Bosnitch should have mentioned all these things if he was going to attempt to be fair, impartial and accurate to one of the twentieth century's most admired statesmen. As it is he was so biased and casual with the facts that he wrote a piece devoid of value whose only effect is to insult loyal citizens of the Realms, including me.


Finally, Bosnitch is a Canadian citizen and he owes his allegiance to Canada and to her head of state, which is the British monarch. By intentionally writing a distorted piece, he reveals himself as a traitor.

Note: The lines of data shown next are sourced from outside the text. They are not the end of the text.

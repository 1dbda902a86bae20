// Writing a show file. docs/RULES.md, section 6.
#![tactic(auto)]

mod bytes;
mod rows;
mod trailer;

ghost use Rattle.std.specs.Prelude.{◌≡◌, ◌+◌, ◌*◌, ◌≤◌, ◌++◌, length, drop};
ghost use Rattle.show.specs.Limits.{CountsWithin};
ghost use Rattle.showfile.specs.File.{file_of};
ghost use Rattle.showfile_write.specs.Answers.{write_check, written_of, buffer_of};

use crate::rows::put_rows;
use crate::trailer::{put_trailer, trailer_of};
use show::Show;
use show::refusal::Refusal;
use showfile::trailer::Trailer;
use showfile::{Reading, Written};

// 2, 4, 5, 6, 7, 16, of a buffer of `room` bytes.
fn check_write(show: &Show, note: &[u8], room: usize) -> Result<(), Refusal>
    ensures { result ≡ write_check show.now note.now room }
{
    if !Show::counts_within(show.laid, show.playing) {
        return Err(Refusal::Counts);
    }
    // As `note_within` of showfile, which no other crate calls.
    if Reading::NOTE_MOST < note.len() {
        return Err(Refusal::NoteLength);
    }
    show.check()?;
    if room < note.len() + 16 * (show.laid + show.playing) + Trailer::LENGTH {
        return Err(Refusal::BufferShort);
    }
    Ok(())
}

// Writes a file whose counts have been found good and which fits, and answers its length.
fn put_file(show: &Show, note: &[u8], buffer: &mut [u8]) -> usize
    requires counts { CountsWithin show.now.laid show.now.playing }
    requires fits { length note.now + 16 * (show.now.laid + show.now.playing) + 20 ≤ length buffer.old }
    ensures value { result ≡ length (file_of show.now note.now) }
    ensures buffer_after { buffer.new ≡ file_of show.now note.now ++ drop (length (file_of show.now note.now)) buffer.old }
{
    let first = note.len();
    let second = first + show.laid * 16;
    let third = second + show.playing * 16;
    buffer[..first].copy_from_slice(note);
    put_rows(&mut buffer[first..], &show.layouts[..show.laid]);
    put_rows(&mut buffer[second..], &show.sessions[..show.playing]);
    put_trailer(&mut buffer[third..], trailer_of(show));
    third + Trailer::LENGTH
}

// Writes a show and its note from the buffer's first byte; or 2, 4, 5, 6, 7, 16, in this order, and then the buffer is as it was.
pub fn write(show: Show, note: &[u8], buffer: &mut [u8]) -> Written
    ensures value { result ≡ written_of show note.now (length buffer.old) }
    ensures buffer_after { buffer.new ≡ buffer_of show note.now buffer.old }
{
    match check_write(&show, note, buffer.len()) {
        Ok(()) => Written {
            check: Ok(()),
            len: put_file(&show, note, buffer),
        },
        Err(why) => Written {
            check: Err(why),
            len: 0,
        },
    }
}
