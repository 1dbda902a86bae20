// Numbers that are put at the front of a part of a file, the lowest byte first.
ghost use Rattle.std.specs.Prelude.{◌≡◌, ◌≤◌, length};
ghost use Rattle.showfile.specs.Bytes.{word_bytes, half_bytes, over};
ghost use Rattle.showfile.specs.Rows.{bytes_of};

pub(crate) fn put_word(b: &mut [u8], v: u32)
    requires { 4 ≤ length b.old }
    ensures { b.new ≡ over b.old 0 (word_bytes v) }
{
    b[..4].copy_from_slice(&v.to_le_bytes());
}

pub(crate) fn put_half(b: &mut [u8], v: usize)
    requires { 2 ≤ length b.old }
    ensures { b.new ≡ over b.old 0 (half_bytes v) }
{
    b[..2].copy_from_slice(&v.to_le_bytes()[..2]);
}

pub(crate) fn put_four(b: &mut [u8], words: [u32; 4])
    requires { 16 ≤ length b.old }
    ensures { b.new ≡ over b.old 0 (bytes_of words) }
{
    let [p, q, r, s] = words;
    put_word(b, p);
    put_word(&mut b[4..], q);
    put_word(&mut b[8..], r);
    put_word(&mut b[12..], s);
}
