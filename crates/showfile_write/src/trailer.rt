// The last twenty bytes of a file that is written.
ghost use Rattle.std.specs.Prelude.{◌≡◌, ◌≤◌, length};
ghost use Rattle.show.specs.Limits.{CountsWithin};
ghost use Rattle.showfile.specs.Bytes.{over};
ghost use Rattle.showfile.specs.File.{trailer_bytes, trailer_for};

use crate::bytes::{put_half, put_word};
use show::Show;
use showfile::trailer::Trailer;

#[tactic(auto, unfolding(showfile::specs::File::trailer_for))]
pub(crate) fn trailer_of(show: &Show) -> Trailer
    requires { CountsWithin show.now.laid show.now.playing }
    ensures { result ≡ trailer_for show.now }
{
    Trailer {
        drive: show.drive,
        laid: show.laid,
        playing: show.playing,
        far: (16 * (show.laid + show.playing)) as u32,
        near: (16 * show.playing) as u32,
    }
}

pub(crate) fn put_trailer(b: &mut [u8], t: Trailer)
    requires { 20 ≤ length b.old }
    ensures { b.new ≡ over b.old 0 (trailer_bytes t) }
{
    put_word(b, t.drive.block);
    put_word(&mut b[4..], t.drive.cylinder);
    put_half(&mut b[8..], t.laid);
    put_half(&mut b[10..], t.playing);
    put_word(&mut b[12..], t.far);
    put_word(&mut b[16..], t.near);
}
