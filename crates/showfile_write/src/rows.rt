// Rows of layouts and of sessions that are put into a file, sixteen bytes each.
ghost use Rattle.std.specs.Prelude.{◌≡◌, ◌*◌, ◌≤◌, length};
ghost use Rattle.showfile.specs.Bytes.{row_bytes, over};

use crate::bytes::put_four;
use showfile::rows::Row;

pub(crate) fn put_rows<R: Row>(b: &mut [u8], row: &[R])
    requires { length row.now * 16 ≤ length b.old }
    ensures { b.new ≡ over b.old 0 (row_bytes R.bytes row.now) }
{
    for (i, record) in row.iter().enumerate() {
        put_four(&mut b[i * 16..], record.words());
    }
}
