// The block of a new delta.
ghost use Rattle.std.specs.Prelude.{◌≡◌, eqb};
ghost use Rattle.model.specs.Compose.{new_block};
ghost use Rattle.set_table.specs.Table.{set_in};
ghost use Rattle.image_sections.specs.LogPlaces.{LogPlaces};

use buffer_reads::get_u32;
use layout::PURGED_BLOCK_AT;
use log_highest::block::highest_block;

// With priority, the block of a new delta behind a log, whose places are given, and behind what was purged; 0 without.
pub fn new_block(pool: &[u8], starts: &[u16], places: &[u8], flag: u32) -> u32
    requires { LogPlaces pool.now starts.now places.now }
    ensures { result ≡ new_block (set_in pool.now starts.now) (eqb flag 1) }
{
    if flag != 1 {
        return 0;
    }
    let purged = get_u32(pool, PURGED_BLOCK_AT);
    purged.max(highest_block(pool, starts, places)) + 1
}
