// The group of a new delta.
ghost use Rattle.std.specs.Prelude.{◌≡◌};
ghost use Rattle.model.specs.Compose.{new_group};
ghost use Rattle.message_sequence.specs.Sequence.{sequence_number};
ghost use Rattle.set_table.specs.Table.{set_in};
ghost use Rattle.image_sections.specs.LogPlaces.{LogPlaces};

use buffer_reads::get_u32;
use layout::PURGED_GROUP_AT;
use log_highest::group::highest_group;
use message_sequence::{Sequence, less};
use set_table::entry::sequence_at;

// The group of a new delta of the sequence s behind a log, whose places are given, and behind what was purged.
pub fn new_group(pool: &[u8], starts: &[u16], places: &[u8], s: Sequence) -> u32
    requires { LogPlaces pool.now starts.now places.now }
    ensures { result ≡ new_group (set_in pool.now starts.now) (sequence_number s) }
{
    let purged = get_u32(pool, PURGED_GROUP_AT);
    let Some(last) = places.last() else {
        return purged + 1;
    };
    let highest = purged.max(highest_group(pool, starts, places));
    if less(s, sequence_at(pool, starts, *last as usize)) {
        return highest + 1;
    }
    highest
}
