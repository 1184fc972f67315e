// A new delta's number on its line, its group and its block.
#![tactic(auto)]

pub mod block;
pub mod group;
pub mod number;
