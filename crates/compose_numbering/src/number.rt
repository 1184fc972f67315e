// The number of a new delta: one more than its line's greatest in the log and than its line's floor.
ghost use Rattle.std.specs.Prelude.{◌≡◌, ◌≤◌};
ghost use Rattle.model.specs.Layout.{numbers_of_line};
ghost use Rattle.model.specs.Message.{number_of, line_of};
ghost use Rattle.model.specs.Compose.{number_on, new_number};
ghost use Rattle.message_sequence.specs.Sequence.{sequence_number};
ghost use Rattle.set_table.specs.Table.{set_in};
ghost use Rattle.image_sections.specs.LogPlaces.{LogPlaces};

use message_sequence::{Sequence, number_of, same_line};
use set_floors::floor_number;
use set_table::entry::sequence_at;

// The number of a sequence that is on a line; 0 of any other.
fn number_on(s: Sequence, line: Sequence) -> u32
    ensures { result ≡ number_on (line_of (sequence_number line)) (sequence_number s) }
{
    if same_line(s, line) {
        return number_of(s);
    }
    0
}

// One more than a line's greatest number in a log, whose places are given, and than its floor's. The line is given as the sequence of its
// number 0000.
pub fn new_number(pool: &[u8], starts: &[u16], places: &[u8], line: Sequence) -> u32
    requires { LogPlaces pool.now starts.now places.now × (number_of (sequence_number line) ≡ 0) }
    ensures { (result ≡ new_number (set_in pool.now starts.now) (line_of (sequence_number line))) × (result ≤ numbers_of_line) }
{
    let mut greatest = floor_number(pool, line);
    for place in places {
        let s = sequence_at(pool, starts, *place as usize);
        greatest = greatest.max(number_on(s, line));
    }
    greatest + 1
}
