// What a column's record, its altitudes and the length of its buffer meet.

#![tactic(auto)]

ghost use Rattle.std.specs.Prelude.{◌≡◌};
ghost use Rattle.altitudes.specs.Altitudes.{altitudes_from, unmixed_from, judged_all_of, column_answer};
ghost use Rattle.altitudes.specs.Within.{all_within};

use acceptance::{judge, mixing_on, unmixed, with_alt, within};
use numbers::finite;
use refusals::{Reason, Refusal};
use setting::Input;

// Whether all altitudes are in range. The loop has no way out, so that it is compiled to several altitudes at a time.
pub fn all_within(alts: &[f64]) -> bool
    ensures { result ≡ all_within alts.now }
{
    let mut all = true;
    for z in alts {
        all = all & within(0.0, 2500.0, *z);
    }
    all
}

// The first altitude that is refused, in order: 2, else 3. Where all are in range none is.
pub fn altitudes(alts: &[f64]) -> Result<(), Refusal>
    ensures { result ≡ altitudes_from 0 alts.now }
{
    if all_within(alts) {
        return Ok(());
    }
    for (k, z) in alts.iter().enumerate() {
        if !finite(*z) {
            return Err(Reason::NotFinite.at(17 + k));
        }
        if !within(0.0, 2500.0, *z) {
            return Err(Reason::OutOfRange.at(17 + k));
        }
    }
    Ok(())
}

// The first altitude below 72.5 km where N2 is not mixed; on says whether switch 15 is 1.
pub fn unmixed_altitude(on: bool, alts: &[f64]) -> Result<(), Refusal>
    ensures { result ≡ unmixed_from on 0 alts.now }
{
    if on {
        return Ok(());
    }
    for (k, z) in alts.iter().enumerate() {
        if unmixed(on, *z) {
            return Err(Reason::NotMixed.at(17 + k));
        }
    }
    Ok(())
}

// What a column's record and altitudes meet, its lengths apart.
pub fn judge_all(w: [i32; 24], n: Input, alts: &[f64]) -> Result<(), Refusal>
    ensures { result ≡ judged_all_of w n alts.now }
{
    judge(w, with_alt(n, 0.0))?;
    altitudes(alts)?;
    unmixed_altitude(mixing_on(w), alts)
}

// The answer to a record, its altitudes and a buffer of the length len. In line, so that its callers hold no second copy of the record and the row.
#[inline(always)]
pub fn column_answer(w: [i32; 24], n: Input, alts: &[f64], len: usize) -> Result<(), Refusal>
    ensures { result ≡ column_answer w n alts.now len }
{
    let count = alts.len();
    if 512 < count {
        return Err(Reason::TooMany.at(512));
    }
    let room = 11 * count;
    if len < room {
        return Err(Reason::WrongLength.at(room));
    }
    judge_all(w, n, alts)
}
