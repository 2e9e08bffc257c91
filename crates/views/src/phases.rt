// The cosines with a phase that the expansions read.
ghost use Rattle.std.specs.Prelude.{◌≡◌};
ghost use Rattle.elementary.specs.Trig.{cos_of};
ghost use Rattle.views.specs.Phases.{annual_cos_of, semiannual_cos_of, local_cos_of, ut_cos_of, ut_long_cos_of, long_phase_cos_of};

use elementary::trigonometry::cos;
use numbers::{DGTR, DR, HR, SR, same};

// cd32 and cd14: the cosine over the year with phase x.
pub fn annual_cos(doy: f64, x: f64) -> f64
    ensures { result ≡ annual_cos_of doy x }
{
    cos(DR * (doy - x))
}

// cd18 and cd39: the cosine over half the year with phase x.
pub fn semiannual_cos(doy: f64, x: f64) -> f64
    ensures { result ≡ semiannual_cos_of doy x }
{
    cos(2.0 * DR * (doy - x))
}

// The cosine of local time with phase x.
pub fn local_cos(lst: f64, x: f64) -> f64
    ensures { result ≡ local_cos_of lst x }
{
    cos(HR * (lst - x))
}

// The cosine of UT with phase x.
pub fn ut_cos(sec: f64, x: f64) -> f64
    ensures { result ≡ ut_cos_of sec x }
{
    cos(SR * (sec - x))
}

// The cosine of UT with phase x and twice the longitude.
pub fn ut_long_cos(sec: f64, x: f64, glong: f64) -> f64
    ensures { result ≡ ut_long_cos_of sec x glong }
{
    cos(SR * (sec - x) + 2.0 * DGTR * glong)
}

// The cosine of longitude with phase x.
pub fn long_phase_cos(glong: f64, x: f64) -> f64
    ensures { result ≡ long_phase_cos_of glong x }
{
    cos(DGTR * (glong - x))
}

// The cosine of x, where c is that of y.
pub fn cos_again(x: f64, y: f64, c: f64) -> f64
    requires { c ≡ cos_of y }
    ensures { result ≡ cos_of x }
{
    if same(x, y) {
        return c;
    }
    cos(x)
}
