// The View of a row and a record, and the cosines with a phase that the expansions read.

#![tactic(auto)]

ghost use Rattle.std.specs.Prelude.{◌≡◌};
ghost use Rattle.std.specs.Float.{binary64};
ghost use Rattle.std.specs.Float.Ieee.{of_int};
ghost use Rattle.numbers.specs.Arithmetic.{◌⊗◌};
ghost use Rattle.numbers.specs.Constants.{dgtr, hr};
ghost use Rattle.elementary.specs.Trig.{cos_of};
ghost use Rattle.views.specs.View.{turned_of, plain_of, view_of};

pub mod phases;

use crate::phases::{annual_cos, cos_again, semiannual_cos, ut_cos, ut_long_cos};
use elementary::power::pow;
use elementary::trigonometry::{cos, sin};
use numbers::{DGTR, HR};
use setting::switches::tselec;
use setting::{Input, View};

// The sines and cosines of local time, once, twice and three times a day.
#[derive(Clone, Copy)]
pub struct Turns {
    pub st: f64,
    pub ct: f64,
    pub s2t: f64,
    pub c2t: f64,
    pub s3t: f64,
    pub c3t: f64,
}

pub fn turned(lst: f64) -> Turns
    ensures { result ≡ turned_of lst }
{
    let st = sin(HR * lst);
    let ct = cos(HR * lst);
    let s2t = sin(2.0 * HR * lst);
    let c2t = cos(2.0 * HR * lst);
    let s3t = sin(3.0 * HR * lst);
    let c3t = cos(3.0 * HR * lst);
    Turns {
        st: st,
        ct: ct,
        s2t: s2t,
        c2t: c2t,
        s3t: s3t,
        c3t: c3t,
    }
}

// The cosines of the phase 0; ct and clong, those of local time and of the longitude, are among them.
#[derive(Clone, Copy)]
pub struct Plain {
    pub year: f64,
    pub half_year: f64,
    pub local: f64,
    pub ut: f64,
    pub ut_long: f64,
    pub long: f64,
}

pub fn phase_zero(doy: f64, sec: f64, g_long: f64, lst: f64, ct: f64, clong: f64) -> Plain
    requires { (ct ≡ cos_of (hr ⊗ lst)) × (clong ≡ cos_of (dgtr ⊗ g_long)) }
    ensures { result ≡ plain_of doy sec g_long lst }
{
    let year = annual_cos(doy, 0.0);
    let half_year = semiannual_cos(doy, 0.0);
    let local = cos_again(HR * (lst - 0.0), HR * lst, ct);
    let ut = ut_cos(sec, 0.0);
    let ut_long = ut_long_cos(sec, 0.0, g_long);
    let long = cos_again(DGTR * (g_long - 0.0), DGTR * g_long, clong);
    Plain {
        year: year,
        half_year: half_year,
        local: local,
        ut: ut,
        ut_long: ut_long,
        long: long,
    }
}

pub fn day(n: Input) -> f64
    ensures { result ≡ of_int binary64 n.doy }
{
    let d = n.doy;
    d as f64
}

pub fn view_of(w: [i32; 24], n: Input) -> View
    ensures { result ≡ view_of w n }
{
    let f = tselec(w);
    let doy = day(n);
    let dfa2 = pow(n.f107a - 150.0, 2.0);
    let slat = sin(n.g_lat * DGTR);
    let clat = cos(n.g_lat * DGTR);
    let slong = sin(DGTR * n.g_long);
    let clong = cos(DGTR * n.g_long);
    let t = turned(n.lst);
    let z = phase_zero(doy, n.sec, n.g_long, n.lst, t.ct, clong);
    let sw = f.sw;
    let swc = f.swc;
    let ap_array = n.ap_array;
    View {
        sw: sw,
        swc: swc,
        doy: doy,
        sec: n.sec,
        g_lat: n.g_lat,
        g_long: n.g_long,
        lst: n.lst,
        ap: n.ap,
        ap_array: ap_array,
        df: n.f107 - n.f107a,
        dfa: n.f107a - 150.0,
        dfa2: dfa2,
        slat: slat,
        clat: clat,
        slong: slong,
        clong: clong,
        st: t.st,
        ct: t.ct,
        s2t: t.s2t,
        c2t: t.c2t,
        s3t: t.s3t,
        c3t: t.c3t,
        cos_year: z.year,
        cos_half_year: z.half_year,
        cos_local: z.local,
        cos_ut: z.ut,
        cos_ut_long: z.ut_long,
        cos_long: z.long,
    }
}
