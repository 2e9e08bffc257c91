// Which fields of a record count under a switch row: demand 3's own list, entry by entry.

#![tactic(auto)]

ghost use Rattle.std.specs.Prelude.{◌≡◌, get_or, true};
ghost use Rattle.shutoff.specs.Shut.{shut, nine_is_zero, off};
ghost use Rattle.counts.specs.Counts.{counts_of};

use setting::ap_history::asks_history;
use switch_rows::{above_zero, is_one};

// Switch 9 is 0.
pub fn nine_is_zero(w: [i32; 24]) -> bool
    ensures { result ≡ nine_is_zero w }
{
    let x = w[9];
    if x == 0 {
        return true;
    }
    false
}

// sec is shut off.
pub fn sec_shut(w: [i32; 24]) -> bool
    ensures { result ≡ get_or (shut w) 2 true }
{
    let ten = is_one(w, 10);
    let twelve = is_one(w, 12);
    let thirteen = is_one(w, 13);
    !ten | (!twelve & !thirteen)
}

// g_long is shut off.
pub fn g_long_shut(w: [i32; 24]) -> bool
    ensures { result ≡ get_or (shut w) 5 true }
{
    let ten = is_one(w, 10);
    let eleven = is_one(w, 11);
    let twelve = is_one(w, 12);
    let thirteen = is_one(w, 13);
    !ten | (!eleven & !twelve & !thirteen)
}

// lst is shut off.
pub fn lst_shut(w: [i32; 24]) -> bool
    ensures { result ≡ get_or (shut w) 6 true }
{
    let no_activity = nine_is_zero(w);
    let seven = is_one(w, 7);
    let seven_above_zero = above_zero(w, 7);
    let eight = is_one(w, 8);
    let fourteen = is_one(w, 14);
    (no_activity & !seven & !eight & !fourteen) | (!seven_above_zero & !eight & !fourteen)
}

// f107a and f107 are shut off.
pub fn fluxes_shut(w: [i32; 24]) -> bool
    ensures { result ≡ off w 1 }
{
    let one_above_zero = above_zero(w, 1);
    !one_above_zero
}

// ap is shut off.
pub fn ap_shut(w: [i32; 24]) -> bool
    ensures { result ≡ get_or (shut w) 9 true }
{
    let history = asks_history(w);
    let no_activity = nine_is_zero(w);
    let ten = is_one(w, 10);
    let thirteen = is_one(w, 13);
    history | (no_activity & (!ten | !thirteen))
}

// For each of the fields 0 to 16, whether it counts under the row.
pub fn counts(w: [i32; 24]) -> [bool; 17]
    ensures { result ≡ counts_of w }
{
    let sec = sec_shut(w);
    let g_long = g_long_shut(w);
    let lst = lst_shut(w);
    let fluxes = fluxes_shut(w);
    let ap = ap_shut(w);
    let history = !asks_history(w);
    [
        false, true, !sec, true, true, !g_long, !lst, !fluxes, !fluxes, !ap, false, !history,
        !history, !history, !history, !history, !history,
    ]
}
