//! The deeds that make a record.
ghost use Rattle.directory_law.specs.Cells.{area};
ghost use Rattle.directory_law.specs.Making.{BindReady, BindTells, LinkReady, LinkTells, MakeReady, MakeTells, bind_next, link_next, make_next};
ghost use Rattle.directory_law.proofs.MakingDeeds.{bind_keeps, link_keeps, make_keeps};

use crate::law::DirectoryLaw;
use protocol_pairs::Deed;

/// The slot that the seat is filling becomes a head or a part, which stands nowhere and is noted. The last part comes
/// first.
#[derive(Clone, Copy, Drop)]
pub struct MakeSlot;

impl Deed<DirectoryLaw> for MakeSlot {
    ghost ready = { λ it of. MakeReady };

    ghost next = { λ it of. make_next };

    ghost allows = { λ it of. MakeTells (area of.first of.cells of.interns.items of.to) };

    ghost keeps = { λ it of. make_keeps (area of.first of.cells of.interns.items of.to) };
}

/// Field 1 of the slot that was made last gets the part that was noted before it, and takes over its note. No other
/// slot changes.
#[derive(Clone, Copy, Drop)]
pub struct LinkPart;

impl Deed<DirectoryLaw> for LinkPart {
    ghost ready = { λ it of. LinkReady };

    ghost next = { λ it of. link_next };

    ghost allows = { λ it of. LinkTells (area of.first of.cells of.interns.items of.to) };

    ghost keeps = { λ it of. link_keeps (area of.first of.cells of.interns.items of.to) };
}

/// The first null cell on the walk of a text gets the head that was noted last, where it is still null: the text is
/// kept, and one intern more is used. It is the live record of its text then. The seat has walked over the cells
/// before.
#[derive(Clone, Copy, Drop)]
pub struct BindHead;

impl Deed<DirectoryLaw> for BindHead {
    ghost ready = { λ it of. BindReady (area of.first of.cells of.interns.items of.to) };

    ghost next = { λ it of. bind_next };

    ghost allows = { λ it of. BindTells (area of.first of.cells of.interns.items of.to) };

    ghost keeps = { λ it of. bind_keeps (area of.first of.cells of.interns.items of.to) };
}
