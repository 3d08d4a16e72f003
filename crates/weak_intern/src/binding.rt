//! A record goes into a cell.
ghost use Rattle.std.specs.Prelude.{true, false, ◌≡◌, ◌+◌, ◌<◌, ◌↔◌, IfOk, IsErr, Ok, OnErr};
ghost use Rattle.atomic_weak.specs.plain_state.Lists.{times};
ghost use Rattle.atomic_weak.specs.core_events.Steps.{HasRoom};
ghost use Rattle.atomic_weak.specs.control_word.Resting.{IsAtRest, IsSpent};
ghost use Rattle.record_making.specs.directory_calls.Directories.{CanCount, IsOver, area_of};
ghost use Rattle.weak_intern.specs.Interning.{Binds, ComesBy};
ghost use Rattle.weak_intern.specs.Races.{MissesCell};
ghost use Rattle.record_making.specs.Making.{HasNotedLast, candidate_in};
ghost use Rattle.record_making.specs.Texts.{text_of};
ghost use Rattle.weak_intern.specs.Sought.{IsSought};
ghost use Rattle.record_making.specs.directory_calls.Steps.{Leaves};

use crate::seeing::number;
use crate::sought::Sought;
use atomic_weak::{
    Domain, Seat, Spent, Strong, Weak, WeakPlace, drop_weak, try_replace_weak, weaken,
};
use record_making::{BindHead, Directory, DirectoryLaw, HasDirectory, InPart};

/// Puts a weak reference to the slot that was noted last into a cell to which the walk of its text
/// comes, where that cell is null; and whether it was so. Then an intern of the seat is used.
/// `Spent` exactly where the seat has no add left, and then nothing has changed. At most four
/// steps, and a collect.
pub(crate) fn bind<S, P: HasDirectory<S>>(
    domain: &Domain<P>,
    seat: &mut Seat<P>,
    directory: &Directory,
    cell: u32,
    sought: &Sought<'_>,
    candidate: &Strong,
) -> Result<bool, Spent>
    requires rest { IsAtRest domain.now seat.old }
    requires room { HasRoom seat.old.view.core }
    requires over { IsOver domain.now (P.part domain.now.protocol) directory.now }
    requires inside { cell < directory.now.cells }
    requires sought { IsSought sought.now.text.now sought.now.head sought.now.hash }
    requires quota { CanCount true (P.seen seat.old.view.client) }
    requires owned { 0 < times candidate.now.slot seat.old.view.core.owned }
    requires noted { HasNotedLast (candidate_in candidate.now.slot
        (text_of sought.now.text.now) seat.old)
        (P.seen seat.old.view.client) }
    requires comes { ComesBy (area_of (P.part domain.now.protocol))
        (P.seen seat.old.view.client) (text_of sought.now.text.now) cell }
    ensures spent { IsErr result ↔ IsSpent seat.old.view.core }
    ensures refused { OnErr result (seat.new ≡ seat.old) }
    ensures binds { IfOk result (λ done. Binds P.seen P.with_seen domain.now
        (area_of (P.part domain.now.protocol)) (text_of sought.now.text.now)
        candidate.now.slot done seat.old seat.new) }
    ensures lost { result ≡ Ok false → MissesCell ((P.part domain.now.protocol).first + cell)
        candidate.now.slot seat.old.view.core seat.new.view.core }
    ensures leaves { Leaves seat.old.view.core.owned seat.old.view.core.weaks seat.old seat.new }
    ensures makes { seat.new.view.core.makes ≡ seat.old.view.core.makes }
    ensures room { HasRoom seat.new.view.core }
    ensures rest { IsAtRest domain.now seat.new }
{
    let at = number::<S, P>(domain, directory, cell);
    let weak = weaken(domain, seat, candidate)?;
    let deed = InPart::<DirectoryLaw, S, BindHead>::new(BindHead);
    match try_replace_weak(domain, seat, WeakPlace::Cell(at), None, Some(weak), deed) {
        Ok(()) => Ok(true),
        Err(_) => {
            // The reference is the seat's still, whichever handle names it.
            drop_weak(domain, seat, Weak::of(candidate.slot()));
            Ok(false)
        }
    }
}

Nevertheless John Bosnitch is a fine man with many strong personal points and a compelling streak of human kindness and decency that shines out from beneath his Russophilic surface ideology, and he remains my very good friend despite having written something so unjust about her Majesty Queen Elizabeth II. This tradition of bridging ideological divides with decent people on the other side of the line is I believe something Her Majesty very much supported herself and I draw my inspiration at least in part from her in the work I do in building bridges between foes and starting conversations it seems impossible to begin. I believe that on balance, Bosnitch is with me in these aspirations.


I believe that the innate discretion, diplomacy, human decency and wise moderation that Her Majesty Queen Elizabeth II exhibited is to an extent hereditary. That is why I have high hopes for the hugely experienced new monarch, His Majesty King Charles III.


The Queen is dead. God save the King.